What to work on –
Copy out each line in the listing below where the word "since" appears.

Given entries –

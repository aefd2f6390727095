//! The source: the rest of a text, from which a type reads itself.
//! An `Event` is a token that begins a value, a `Step` an event of a value.
ghost use Rattle.std.specs.Prelude.{◌≡◌, Bool, List, ℕ, None, Ok, Err, IfOk, IfErr};
ghost use Rattle.std.specs.Cow.{cow_str_bytes};
ghost use Rattle.std.specs.String.{string_bytes};
ghost use Rattle.miniserde_model.specs.Tree.{Members};
ghost use Rattle.miniserde_model.specs.Step as step;
ghost use Rattle.miniserde_model.specs.Lexing.{Starts, Names, Follows};
ghost use Rattle.miniserde_model.specs.Whitespace.{IsWhitespace};
ghost use Rattle.miniserde_text.specs.Lexer.{event_of_token, text_of, is_close, BeginsEscaped, KeepsFirstError};
ghost use Rattle.miniserde_model.specs.declared.error.Error.{Error};
ghost use Rattle.miniserde_read.specs.Events.{event_of};
ghost use Rattle.miniserde_read.specs.Lacking.{EscapedMember};
ghost use Rattle.miniserde_read.specs.Rest.{MembersAt};
ghost use Rattle.miniserde_read.specs.Source.{NameFollows, left_scratch};

use crate::step::Step;
use miniserde_model::error::{Error, Result};
use miniserde_text::json::lex::{After, Event, Kind, Lexer, Text};
use std::alloc::Global;
use std::borrow::CowStr;
use std::marker::Model;
use std::mem;

/// The rest of a JSON text, with a scratch text for decoded strings. The source keeps its first error, and every
/// later call that can fail returns it.
#[derive(Drop)]
pub struct Source<'a> {
    lexer: Lexer<'a>,
    // The decoded text of the last name or string that has a backslash, until it is moved out.
    scratch: String,
    alloc: Global,
}

impl<'a> Model for Source<'a> {
    ghost use Rattle.std.specs.String.{string_bytes};
    ghost use Rattle.miniserde_read.specs.Source.{SourceView};

    ghost Value = { SourceView };

    ghost view = { λ s. record { rest = s.lexer.rest; refused = s.lexer.refused; scratch = string_bytes s.scratch } };
}

impl<'a> Source<'a> {
    /// Returns a source of a whole text. Allocates nothing.
    pub fn new(alloc: Global, text: &'a str) -> Source<'a>
        ensures rest { result.rest ≡ text.now }
        ensures going { result.refused ≡ None }
    {
        Source {
            lexer: Lexer::new(text),
            scratch: String::new(alloc),
            alloc,
        }
    }

    /// Returns a second source with the same rest of the text and the same first error. Its scratch text is its own.
    /// Allocates nothing.
    pub fn fork(&self) -> Source<'a>
        ensures rest { result.rest ≡ self.now.rest }
        ensures refused { result.refused ≡ self.now.refused }
    {
        Source {
            lexer: self.lexer.fork(),
            scratch: String::new(self.alloc),
            alloc: self.alloc,
        }
    }

    /// Returns the allocator for the values that are read.
    #[inline(always)]
    pub fn alloc(&self) -> Global {
        self.alloc
    }

    /// Takes whitespace and the first token of a value. Returns `Invalid` if no token is next, and `Memory` if
    /// decoding a string fails to allocate.
    #[inline(always)]
    pub fn token(&mut self) -> Result<Event<'a>>
        ensures ok { IfOk result (λ e. Starts self.old.rest (event_of_token e self.new.scratch) self.new.rest) }
        ensures invalid { result ≡ Err Error.Invalid → self.old.refused ≡ None
            → (e : step.Step) (r : List ℕ) → Starts self.old.rest e r → ⊥ }
        ensures memory { result ≡ Err Error.Memory → self.old.refused ≡ None → BeginsEscaped self.old.rest }
        ensures first_error { KeepsFirstError self.old.refused result self.new.refused }
    {
        self.lexer.start(&mut self.scratch)
    }

    /// Does what `token` does, but checks a string without decoding it, so it never returns `Memory`.
    #[inline(always)]
    pub(crate) fn token_checked(&mut self) -> Result<Event<'a>>
        ensures ok { IfOk result (λ e. (s : List ℕ) × Starts self.old.rest (event_of_token e s) self.new.rest) }
        ensures invalid { result ≡ Err Error.Invalid → self.old.refused ≡ None
            → (e : step.Step) (r : List ℕ) → Starts self.old.rest e r → ⊥ }
        ensures only { IfErr result (λ e. self.old.refused ≡ None → e ≡ Error.Invalid) }
        ensures first_error { KeepsFirstError self.old.refused result self.new.refused }
    {
        self.lexer.start_checked(&mut self.scratch)
    }

    /// Takes the closing bracket of an object and returns `None`, or takes the comma before a member, its name and
    /// its colon, and returns the name. `first` says that the opening bracket was just taken, so that no comma is
    /// due. Returns `Invalid` if neither is next, and `Memory` if decoding the name fails to allocate.
    #[inline(always)]
    pub fn member(&mut self, first: bool) -> Result<Option<Text<'a>>>
        ensures ok { IfOk result (λ o. NameFollows o self.new.scratch first self.old.rest self.new.rest) }
        ensures invalid { result ≡ Err Error.Invalid → self.old.refused ≡ None
            → (ms : Members) (r : List ℕ) → MembersAt ms first self.old.rest r → ⊥ }
        ensures memory { result ≡ Err Error.Memory → self.old.refused ≡ None → EscapedMember first self.old.rest }
        ensures first_error { KeepsFirstError self.old.refused result self.new.refused }
    {
        match self.lexer.after(Kind::Map, first)? {
            After::Close => Ok(None),
            After::Next => Ok(Some(self.lexer.name(&mut self.scratch)?)),
        }
    }

    /// Takes the closing bracket of a container of the kind, or the comma before its next child.
    /// Returns which of the two is next, or `Invalid` if neither is. `first` says that the opening
    /// bracket was just taken, so that no comma is due.
    #[inline(always)]
    pub fn after(&mut self, kind: Kind, first: bool) -> Result<After>
        ensures ok { IfOk result (λ a. Follows kind first (is_close a) self.old.rest self.new.rest) }
        ensures scratch { self.new.scratch ≡ self.old.scratch }
        ensures invalid { result ≡ Err Error.Invalid → self.old.refused ≡ None
            → (a : Bool) (r : List ℕ) → Follows kind first a self.old.rest r → ⊥ }
        ensures only { IfErr result (λ e. self.old.refused ≡ None → e ≡ Error.Invalid) }
        ensures first_error { KeepsFirstError self.old.refused result self.new.refused }
    {
        self.lexer.after(kind, first)
    }

    /// Takes a member's name and its colon, and returns the name. Returns `Invalid` if they are not next, and
    /// `Memory` if decoding the name fails to allocate.
    #[inline(always)]
    pub fn name(&mut self) -> Result<Text<'a>>
        ensures ok { IfOk result (λ t. Names self.old.rest (text_of t self.new.scratch) self.new.rest) }
        ensures invalid { result ≡ Err Error.Invalid → self.old.refused ≡ None
            → (n r : List ℕ) → Names self.old.rest n r → ⊥ }
        ensures memory { result ≡ Err Error.Memory → self.old.refused ≡ None → BeginsEscaped self.old.rest }
        ensures first_error { KeepsFirstError self.old.refused result self.new.refused }
    {
        self.lexer.name(&mut self.scratch)
    }

    /// Does what `name` does, but checks the name without decoding it, so it never returns `Memory`.
    #[inline(always)]
    pub(crate) fn name_checked(&mut self) -> Result<Text<'a>>
        ensures ok { IfOk result (λ _. (n : List ℕ) × Names self.old.rest n self.new.rest) }
        ensures invalid { result ≡ Err Error.Invalid → self.old.refused ≡ None
            → (n r : List ℕ) → Names self.old.rest n r → ⊥ }
        ensures only { IfErr result (λ e. self.old.refused ≡ None → e ≡ Error.Invalid) }
        ensures first_error { KeepsFirstError self.old.refused result self.new.refused }
    {
        self.lexer.name_checked(&mut self.scratch)
    }

    /// Returns `Invalid` if more than whitespace is left.
    pub fn end(&mut self) -> Result<()>
        ensures ok { IfOk result (λ _. IsWhitespace self.old.rest) }
        ensures scratch { self.new.scratch ≡ self.old.scratch }
        ensures invalid { result ≡ Err Error.Invalid → self.old.refused ≡ None → IsWhitespace self.old.rest → ⊥ }
        ensures only { IfErr result (λ e. self.old.refused ≡ None → e ≡ Error.Invalid) }
        ensures first_error { KeepsFirstError self.old.refused result self.new.refused }
    {
        self.lexer.end()
    }

    /// Returns the text of a name or a string. It must be the one that was taken last, since a later one may replace
    /// the scratch text.
    #[inline(always)]
    pub fn text<'b>(&'b self, text: Text<'b>) -> &'b str
        ensures { result.now ≡ text_of text.entry self.now.scratch }
    {
        match text {
            Text::Input(s) => s,
            Text::Scratch => &self.scratch,
        }
    }

    /// Returns the text of a name or a string, which borrows nothing of the source. Moves a decoded text out of the
    /// scratch text, which is empty afterwards; for a borrowed text the scratch text stays. It must be the text that was
    /// taken last, since a later name or string may replace the scratch text.
    #[inline(always)]
    pub fn take_text(&mut self, text: Text<'a>) -> CowStr<'a>
        ensures text { cow_str_bytes result ≡ text_of text.entry self.old.scratch }
        ensures rest { self.new.rest ≡ self.old.rest }
        ensures refused { self.new.refused ≡ self.old.refused }
        ensures scratch { self.new.scratch ≡ left_scratch text.entry self.old.scratch }
    {
        match text {
            Text::Input(text) => CowStr::Borrowed(text),
            Text::Scratch => CowStr::Owned(mem::replace(
                &mut self.scratch,
                String::new(self.alloc),
            )),
        }
    }

    /// Returns the event of `token`, which must be the one that was taken last.
    #[inline(always)]
    pub fn step<'b>(&'b self, token: Event<'b>) -> Step<'b>
        ensures { event_of result ≡ event_of_token token.entry self.now.scratch }
    {
        match token {
            Event::Null => Step::Null,
            Event::Bool(b) => Step::Bool(b),
            Event::Negative(n) => Step::Negative(n),
            Event::Nonnegative(n) => Step::Nonnegative(n),
            Event::Number(x) => Step::Float(x),
            Event::Str(t) => Step::Str(self.text(t)),
            Event::SeqStart => Step::Seq,
            Event::MapStart => Step::Map,
        }
    }
}
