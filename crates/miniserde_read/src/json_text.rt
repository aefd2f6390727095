//! Reads one value from a whole text.
ghost use Rattle.std.specs.Prelude.{◌≡◌, true, List, ℕ, None, Some, Ok, Err, IfOk, IsUtf8};
ghost use Rattle.miniserde_model.specs.Tree.{Tree};
ghost use Rattle.miniserde_model.specs.Value.{IsJson, HasNoTree};
ghost use Rattle.miniserde_model.specs.declared.error.Error.{Error};
ghost use Rattle.miniserde_read.specs.Escaped.{BeginsWithEscapedString};

use crate::children::read_due;
use crate::from_json::FromJson;
use crate::ignored::skip_due;
use crate::source::Source;
use miniserde_model::error::{Error, Result};
use std::alloc::Global;
use std::str;

/// Reads one JSON value that spans the whole text (RFC 8259, section 2). Returns `Invalid` if the text means no value
/// of the type, and `Memory` if an allocation fails.
pub fn from_str<T: FromJson>(alloc: Global, j: &str) -> Result<T>
    // The text means the value.
    ensures ok { IfOk result (λ v. (t : Tree) × IsJson j.now t × T.means.reads t v) }
    ensures content { IfOk result (λ v.
        (t : Tree) × IsJson j.now t × (T.means.from_tree t ≡ Some (T.means.content v))) }

    // If the result is `Invalid`, the text has no tree, or one that means no value.
    ensures invalid { result ≡ Err Error.Invalid
        → (t : Tree) → IsJson j.now t → (v : T) → T.means.reads t v → ⊥ }
    ensures none { result ≡ Err Error.Invalid → (t : Tree) → IsJson j.now t → T.means.from_tree t ≡ None }

    // If `read_infallible` is true, only a text that begins as a string with a backslash gives
    // `Memory`.
    ensures memory { T.read_infallible ≡ true → result ≡ Err Error.Memory → BeginsWithEscapedString j.now }

    // No text has two trees.
    ensures one { (t u : Tree) → IsJson j.now t → IsJson j.now u → t ≡ u }
{
    let mut source = Source::new(alloc, j);
    let value = read_due::<T>(&mut source)?;
    source.end()?;
    Ok(value)
}

/// Reads one JSON value that spans all the bytes. Returns `Invalid` if they are not UTF-8 (RFC 8259, section 8.1) or
/// mean no value of the type, and `Memory` if an allocation fails.
pub fn from_slice<T: FromJson>(alloc: Global, bytes: &[u8]) -> Result<T>
    // The bytes mean the value.
    ensures ok { IfOk result (λ v. (t : Tree) × IsJson bytes.now t × T.means.reads t v) }
    ensures content { IfOk result (λ v.
        (t : Tree) × IsJson bytes.now t × (T.means.from_tree t ≡ Some (T.means.content v))) }

    // If the result is `Invalid`, the bytes have no tree, or one that means no value.
    ensures invalid { result ≡ Err Error.Invalid
        → (t : Tree) → IsJson bytes.now t → (v : T) → T.means.reads t v → ⊥ }
    ensures none { result ≡ Err Error.Invalid → (t : Tree) → IsJson bytes.now t → T.means.from_tree t ≡ None }

    // Bytes that are not UTF-8 are `Invalid`, never `Memory`.
    ensures utf8 { (IsUtf8 bytes.now → ⊥) → result ≡ Err Error.Invalid }

    // If `read_infallible` is true, only bytes that begin as a string with a backslash give `Memory`.
    ensures memory { T.read_infallible ≡ true → result ≡ Err Error.Memory → BeginsWithEscapedString bytes.now }

    // No bytes have two trees.
    ensures one { (t u : Tree) → IsJson bytes.now t → IsJson bytes.now u → t ≡ u }
{
    match str::from_utf8(bytes) {
        Ok(text) => from_str(alloc, text),
        Err(_) => Err(Error::Invalid),
    }
}

/// Returns `Invalid` if the text is not JSON (RFC 8259, section 2), and `Memory` if an allocation fails. Allocates 32
/// bytes for up to 256 levels of depth, at most two bits a level beyond that (three while they grow), and nothing for
/// strings.
pub fn check_json(alloc: Global, j: &str) -> Result<()>
    ensures ok { IfOk result (λ _. (t : Tree) × IsJson j.now t) }
    ensures invalid { result ≡ Err Error.Invalid → HasNoTree j.now }
{
    let mut whole = Source::new(alloc, j);
    skip_due(&mut whole)?;
    whole.end()?;
    Ok(())
}
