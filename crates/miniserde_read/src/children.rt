//! Reads the values in a list or an object, one at a time.
ghost use Rattle.std.specs.Prelude.{◌≡◌, true, Some, None, Ok, Err, IfOk};
ghost use Rattle.miniserde_text.specs.Lexer.{BeginsEscaped};
ghost use Rattle.miniserde_model.specs.declared.error.Error.{Error};
ghost use Rattle.miniserde_read.specs.Due.{ReadsDue, RejectsDue, NextElement, ElementRejects};
ghost use Rattle.miniserde_read.specs.Lacking.{EscapedElement};

use crate::from_json::FromJson;
use crate::source::Source;
use miniserde_model::error::{Error, Result};
use miniserde_text::json::lex::{After, Kind};

/// Reads the value that is due, with its first token: that of a member after its name and colon, an element after its
/// comma, or a whole text's value. Returns `Invalid` if the text has no prefix that means a value of the type, and
/// `Memory` if an allocation fails.
#[inline(always)]
pub fn read_due<'a, T: FromJson>(source: &mut Source<'a>) -> Result<T>
    requires { source.old.refused ≡ None }
    ensures going { IfOk result (λ _. source.new.refused ≡ None) }
    ensures ok { IfOk result (λ v.
        ReadsDue T.means.from_tree source.old.rest source.new.rest (T.means.content v)) }
    ensures invalid { result ≡ Err Error.Invalid → RejectsDue T.means.from_tree source.old.rest }
    ensures memory { result ≡ Err Error.Memory → T.read_infallible ≡ true → BeginsEscaped source.old.rest }
{
    let token = source.token()?;
    T::read(token, source)
}

/// Reads the next element of a list, or takes the closing bracket and returns `None`. `first` says that the opening
/// bracket was just taken. Returns `Invalid` only if the text begins with no rest of a list, or with one whose first
/// element means no value of the type, and `Memory` if an allocation fails.
#[inline(always)]
pub fn next_element<'a, T: FromJson>(source: &mut Source<'a>, first: bool) -> Result<Option<T>>
    requires { source.old.refused ≡ None }
    ensures going { IfOk result (λ _. source.new.refused ≡ None) }
    ensures ok { IfOk result (λ next. NextElement T.means first source.old.rest source.new.rest next) }
    ensures invalid { result ≡ Err Error.Invalid → ElementRejects T.means.from_tree first source.old.rest }
    ensures memory { result ≡ Err Error.Memory → T.read_infallible ≡ true → EscapedElement first source.old.rest }
{
    match source.after(Kind::Seq, first)? {
        After::Close => Ok(None),
        After::Next => Ok(Some(read_due(source)?)),
    }
}
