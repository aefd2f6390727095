//! The events of which a value consists.

/// One event of a value, which a place is handed.
#[derive(Clone, Copy, Debug, Drop)]
pub enum Step<'a> {
    Null,
    Bool(bool),
    Str(&'a str),
    /// An integer that is written with `-`, from -2^63 to 0.
    Negative(i64),
    /// An integer that is written without `-`, below 2^64.
    Nonnegative(u64),
    /// A number with a fraction or an exponent, or beyond 64 bits, as its text.
    Float(&'a str),
    /// The start of a list.
    Seq,
    /// The start of an element of the innermost open list.
    Element,
    /// The start of an object.
    Map,
    /// The start of a member of the innermost open object, with its name.
    Key(&'a str),
    /// The end of the innermost open list or object.
    Finish,
}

Result below –
    /// Returns the text of a name or a string. It must be the one that was taken last, since a later one may replace
    /// taken last, since a later name or string may replace the scratch text.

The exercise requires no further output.